IA Engineer 4 in Stuttgart bei Govcio LLC

Govcio LLC

Overview:

GovCIO is currently hiring for a Cloud Security and Compliance SME to Conduct program/system security status assessments and supports the development of Cybersecurity program(s) including the development of policies and procedures in accordance with DoDI 8500.01 Risk Management Framework. This position will be located in Stuttgart, Germany and will be an onsite only position.

Responsibilities:

Designs and implements information assurance and security engineering systems with requirements of business continuity, operations security, cryptography, forensics, regulatory compliance, internal counter-espionage (insider threat detection and mitigation), physical security analysis (including facilities analysis, and security management). Assesses and mitigates system security threats and risks throughout the program life cycle. Validates system security requirements definition and analysis. Establishes system security designs. Implements security designs in hardware, software, data, and procedures. Verifies security requirements; performs system certification and accreditation planning and testing and liaison activities. Supports secure systems operations and maintenance.

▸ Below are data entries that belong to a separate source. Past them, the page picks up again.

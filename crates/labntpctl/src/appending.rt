//! Appends lines to the commands file, waits for the answers of labntpd to them, and follows what comes of them.

use crate::commands_file::{HeldFile, Loaded, is_at};
use crate::desk::{Clerk, Desk, MOST_REPORTED_OCTETS, RECORD_FORM, Stop};
use ntp_admin::{Command, Escaped, Status};
use ntp_clerk::{command_line, command_shown, record_line};
use ntp_host::{open_shared_file, pause};
use std::alloc::{AllocError, Global};
use std::fmt::{self, Display};
use std::fs;
use std::io::{self, ErrorKind, Read, Seek, SeekFrom, Write};

/// The milliseconds between two looks at the answers.
const LOOKED_EACH: u64 = 20;

/// How lines are appended, which answers are waited for, and how long.
#[derive(Clone, Copy)]
pub struct Manner<'a> {
    /// Whether they are only shown.
    pub dry_run: bool,
    /// The paths of the answers files, with commas between them; else that of the configuration.
    pub answers: Option<&'a str>,
    pub millis: u64,
}

/// Lines that are appended in one write, and the answers to them in the files of all processes that serve.
#[derive(Drop)]
pub struct Addition<'a> {
    clerk: &'a Clerk<'a>,
    manner: Manner<'a>,
    // All lines: the record of the order, those of names, then those of commands.
    text: String,
    /// How many lines of names there are.
    pub names: usize,
    pub commands: Vec<Command>,
    // The number of the first command's line.
    first: u64,
    // Where the commands stand, as `line 5: `; empty without a command.
    place: String,
    /// The command if there is one, else how many there are; without keys and without a line feed.
    pub shown: String,
    /// The path of the new file for a customer who gets a key.
    pub given: Option<String>,
    // The paths of the answers files, and how many octets of old answers each has.
    files: Vec<(&'a str, u64)>,
}

// Writes the record of an order of now, lines of names and the lines of commands.
fn added_text(desk: Desk<'_>, name_lines: &str, commands: &[Command]) -> Result<String, Stop> {
    let (time, user) = (desk.time(RECORD_FORM)?, desk.user()?);
    let mut text = record_line(desk.alloc(), time.as_str(), user.as_str())?;
    text.push_str(name_lines)?;
    for command in commands {
        text.push_str(command_line(desk.alloc(), command)?.as_str())?;
    }
    Ok(text)
}

// Writes where this count of commands stands.
fn place_of(alloc: Global, first: u64, count: usize) -> Result<String, AllocError> {
    let last = first.saturating_add(count as u64).saturating_sub(1);
    match count {
        0 => Ok(String::new(alloc)),
        1 => format!(in alloc; "line {first}: "),
        _ => format!(in alloc; "lines {first} to {last}: "),
    }
}

// Writes a command alone, or how many commands there are, or how many names without any.
fn shown(alloc: Global, names: usize, commands: &[Command]) -> Result<String, AllocError> {
    match commands {
        [] => format!(in alloc; "names: {names}"),
        [command] => command_shown(alloc, command),
        _ => format!(in alloc; "{} commands", commands.len()),
    }
}

/// Writes what is appended: names alone, or commands with the numbers of their lines.
impl<'a> Display for Addition<'a> {
    fn fmt<W: fmt::Write>(&self, f: &mut fmt::Formatter<W>) -> fmt::Result {
        write!(f, "{}{}", self.place.as_str(), self.shown.as_str())
    }
}

// Answers that are not `done`, with the numbers of their lines.
type BadAnswers = Vec<(u64, String)>;

impl<'a> Addition<'a> {
    /// Writes a record, lines of names and commands as the lines that follow in the commands file, once it has room for them.
    pub fn new(
        clerk: &'a Clerk<'a>,
        manner: Manner<'a>,
        loaded: &Loaded,
        name_lines: &str,
        commands: Vec<Command>,
    ) -> Result<Addition<'a>, Stop> {
        let (alloc, names) = (clerk.desk.alloc(), name_lines.lines().count());
        let first = loaded.lines.saturating_add(names as u64).saturating_add(2);
        let text = added_text(clerk.desk, name_lines, &commands)?;
        loaded.judge_room(clerk, text.len())?;
        Ok(Addition {
            clerk,
            manner,
            text,
            names,
            first,
            place: place_of(alloc, first, commands.len())?,
            shown: shown(alloc, names, &commands)?,
            commands,
            given: None,
            files: Vec::new(alloc),
        })
    }

    /// Reads the answers files before the lines are written. A file that is not there has no answer yet; one with answers to these or
    /// to later lines shows that the commands file is not the one that was read.
    pub fn read_answers(&mut self) -> Result<(), Stop> {
        let clerk = self.clerk;
        let configured = clerk.configuration.answers.as_ref();
        let paths = self.manner.answers.or(configured.map(|path| path.as_str()));
        for path in paths.into_iter().flat_map(|paths| paths.split(',')) {
            let bad = &mut Vec::new(clerk.desk.alloc());
            let (count, end) = self.answered(path, 0, u64::MAX, bad)?;
            if count > 0 {
                let why = "lines were answered that do not stand here: restart labntpd";
                return Err(clerk.refusal(why));
            }
            self.files.push((path, end))?;
        }
        Ok(())
    }

    /// Appends the lines, and prints them and their answers. Removes the customer's new file where its command is not done.
    pub fn append(&self, held: &mut HeldFile) -> Result<(), Stop> {
        let (clerk, desk) = (self.clerk, self.clerk.desk);
        if let Err(error) = held.append(self.text.as_str()) {
            let _ = self.take_back();
            return desk.at(clerk.commands(), Err(error));
        }
        let is_alone = held.has_grown_by(self.text.len());
        let is_sure = is_alone && is_at(desk.rt, &held.file, clerk.commands()).unwrap_or(false);
        let stored = held.file.sync_all();
        // Others may append while the answers are waited for.
        let _ = held.file.unlock();
        let mut has_failed = false;
        if is_sure || self.commands.is_empty() {
            tell(desk, &mut has_failed, self);
        }
        if let Some(path) = &self.given {
            tell(
                desk,
                &mut has_failed,
                format_args!("for the customer: {path}"),
            );
        }
        let followed = match is_sure {
            true => self.follow(&mut has_failed),
            false => Err(self.lost(is_alone)),
        };
        desk.at(clerk.commands(), stored)?;
        followed?;
        if has_failed {
            let _ = writeln!(desk.faults(), "write: {self}: it stands there");
            return Err(Stop::Printed(Status::IoFailed));
        }
        Ok(())
    }

    // Waits for the answers to the commands, and prints them.
    fn follow(&self, has_failed: &mut bool) -> Result<(), Stop> {
        let (desk, place) = (self.clerk.desk, self.place.as_str());
        if self.commands.is_empty() {
            return Ok(());
        }
        let mut bad = Vec::new(desk.alloc());
        if self.wait(&mut bad)? {
            return self.tell_answers(has_failed, &bad);
        }
        let lines = if self.commands.len() == 1 {
            "line"
        } else {
            "lines"
        };
        let _ = writeln!(
            desk.faults(),
            "{place}no answer; where labntpd does not run, it carries the {lines} out at its next start"
        );
        Err(Stop::Printed(Status::IoFailed))
    }

    // Waits until each file answers each command, takes what is not `done`, and returns whether that took not too long.
    fn wait(&self, bad: &mut BadAnswers) -> Result<bool, Stop> {
        if self.files.is_empty() {
            return Ok(false);
        }
        for _ in 0..self.manner.millis / LOOKED_EACH {
            if self.are_whole(bad)? {
                return Ok(true);
            }
            pause(LOOKED_EACH as i32);
        }
        self.are_whole(bad)
    }

    // Takes what is not `done`, and returns whether each file answers each command now.
    fn are_whole(&self, bad: &mut BadAnswers) -> Result<bool, Stop> {
        let wanted = self.commands.len() as u64;
        bad.clear();
        for (path, old) in self.files.iter() {
            if self.answered(path, *old, wanted, bad)?.0 < wanted {
                return Ok(false);
            }
        }
        Ok(true)
    }

    // Reads what a file answers behind `old` octets of old answers, and takes what is not `done`. Returns the count of answers to the
    // first `lines` lines from the first command's on, and the octets up to the end of the last answer.
    fn answered(
        &self,
        path: &str,
        old: u64,
        lines: u64,
        bad: &mut BadAnswers,
    ) -> Result<(u64, u64), Stop> {
        let desk = self.clerk.desk;
        let octets = match octets_behind(desk, path, old) {
            Err(error) if error.kind() == ErrorKind::NotFound => Vec::new(desk.alloc()),
            octets => desk.at(path, octets)?,
        };
        let end = octets.iter().rposition(|octet| *octet == b'\n');
        let whole = end.and_then(|end| octets.get(..=end)).unwrap_or(&[]);
        match str::from_utf8(whole) {
            Ok(text) => Ok((
                self.count(text, lines, bad)?,
                old.saturating_add(whole.len() as u64),
            )),
            Err(_) => Err(desk.refusal_at(path, "this is no UTF-8")),
        }
    }

    // Counts the answers of a text to these lines, and takes the first one to each that is not `done`.
    fn count(&self, text: &str, lines: u64, bad: &mut BadAnswers) -> Result<u64, AllocError> {
        let mut count: u64 = 0;
        for line in text.lines() {
            let (number, answer) = line.split_once(' ').unwrap_or((line, ""));
            let number = number.parse::<u64>().unwrap_or(0);
            let place = number.checked_sub(self.first);
            if place.is_none_or(|place| place >= lines) {
                continue;
            }
            count = count.saturating_add(1);
            if answer != "done" && !bad.iter().any(|other| other.0 == number) {
                let answer = String::from_str(self.clerk.desk.alloc(), answer)?;
                bad.push((number, answer))?;
            }
        }
        Ok(count)
    }

    // Prints the answers to the commands, which are `done` but for these.
    fn tell_answers(&self, has_failed: &mut bool, bad: &[(u64, String)]) -> Result<(), Stop> {
        let (desk, place) = (self.clerk.desk, self.place.as_str());
        if bad.is_empty() {
            tell(desk, has_failed, format_args!("{place}done"));
            return Ok(());
        }
        for (number, answer) in bad {
            let answer = Escaped(answer.as_str());
            let place = number.saturating_sub(self.first) as usize;
            match self.commands.get(place) {
                // A command alone was printed before.
                Some(command) if self.commands.len() > 1 => {
                    let shown = command_shown(desk.alloc(), command)?;
                    let what = format_args!("line {number}: {shown}: {answer}");
                    tell(desk, has_failed, what);
                }
                _ => tell(desk, has_failed, format_args!("line {number}: {answer}")),
            }
        }
        self.take_back()?;
        Err(Stop::Printed(Status::TextFaulty))
    }

    // Reports that the lines were appended at numbers that are not known, or to a file that labntpd may never read.
    fn lost(&self, is_alone: bool) -> Stop {
        let (why, what) = match is_alone {
            true => ("another file took its place", "appended to the old one"),
            false => (
                "somebody else wrote to the file",
                "appended at a line that is not known; look at the answers",
            ),
        };
        let (clerk, shown) = (self.clerk, self.shown.as_str());
        let why = format_args!("{why} at the same time: {shown}: {what}");
        clerk.desk.failure_at(clerk.commands(), why)
    }

    // Removes the customer's new file, if there is one, or reports why it stays.
    fn take_back(&self) -> Result<(), Stop> {
        let (desk, Some(path)) = (self.clerk.desk, &self.given) else {
            return Ok(());
        };
        match fs::remove_file(desk.rt, path.as_str()) {
            Err(error) if error.kind() == ErrorKind::NotFound => Ok(()),
            removed => desk.at(path.as_str(), removed),
        }
    }
}

// Reads the octets of an answers file behind its old ones; all where it has fewer, since it was emptied.
fn octets_behind(desk: Desk<'_>, path: &str, old: u64) -> io::Result<Vec<u8>> {
    let mut opened = open_shared_file(desk.rt, path)?;
    let is_emptied = opened.metadata()?.len() < old;
    opened.seek(SeekFrom::Start(if is_emptied { 0 } else { old }))?;
    let mut octets = Vec::new(desk.alloc());
    let most = u64::from(MOST_REPORTED_OCTETS);
    opened.take(most).read_to_end(&mut octets)?;
    Ok(octets)
}

// Prints what comes of an addition. Output that fails changes nothing of that, and a reader who goes away misses nothing.
fn tell<D: Display + Drop>(desk: Desk<'_>, has_failed: &mut bool, text: D) {
    if let Err(error) = writeln!(desk.rt.stdout(), "{text}") {
        *has_failed = *has_failed || error.kind() != ErrorKind::BrokenPipe;
    }
}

Participates with the client in the strategic design process to translate security and business requirements into technical designs.
Configures and validates secure systems and tests security products and systems to detect security weakness; performs network scanning and vulnerability analysis.
Ensures that the appropriate security features and safeguards have been implemented on all information systems as required by DoD/IC policy and directives, and industry best practices.
Performs defense device system installation, configuration maintenance, account maintenance, signature maintenance, patch management, and troubleshooting of all implemented, maintained, and deployed systems.
Provides security certification test and evaluation of assets, vulnerability management and response, security assessments, customer support and provides guidance on security issues.
Conduct program/system security status assessments and supports the development of Cybersecurity program(s) including the development of policies and procedures in accordance with DoDI 8500.01 Risk Management Framework.
Develop and Manage RMF for on-premises and cloud environments in the eMASS tool to achieve Authorizing Official's (AO) Authorization Decision Document (ADD) utilizing the RMF Package Approval Chain (PAC) process
Support IL2/IL5/IL6 cloud environments for Infrastructure as Code (IaC), Platform as a Service (PaaS), Infrastructure as a Service (IaaS) and enterprise Software as a Service (SaaS)
Tracks organizational cybersecurity compliance, ensures necessary remediation needs are communicated, tracks remediation through completion and ensures necessary cybersecurity documentation is accurate and in order.
Responsible for conducting a comprehensive assessment of the management, operational, and technical security controls employed within or inherited by information systems to determine the overall effectiveness of the controls.
Prepares for, assists with, and monitors cyber assessments (staff assistance visits [SAV], Command Cyber Readiness Inspections [CCRI], NSA Red and Blue Team assessments, vulnerability scans, assessment and authorization [A&A] reviews).
Develops technical standards (SOP\TTPs, technical implementation instructions, or other required documentation) for security focused processes, security operations and other operations as required for Government approval.
Works closely with defensive cybersecurity operation (DCO) teams to identify, monitor and respond to cyber events\incidents from discovery to closure as a part of the local incident response policies.
Interacts with customers, IT staff, and high-level military officials to assist in defining and achieving required cybersecurity objectives for the organization.
Conduct Risk Assessments, determine the risk to operations, and provide risk recommendations to the customer after reviewing a system’s overall risk posture as part of the Security Authorization (Authority to Operate\Connect) process.
Through basic understanding of network security fundamentals, LAN\WAN switching technologies, routing technologies, infrastructure security technologies and services, reviews network architecture diagrams for cybersecurity compliance.
Responsible for assessing and authorizing the use of software and hardware across multiple enterprise networks.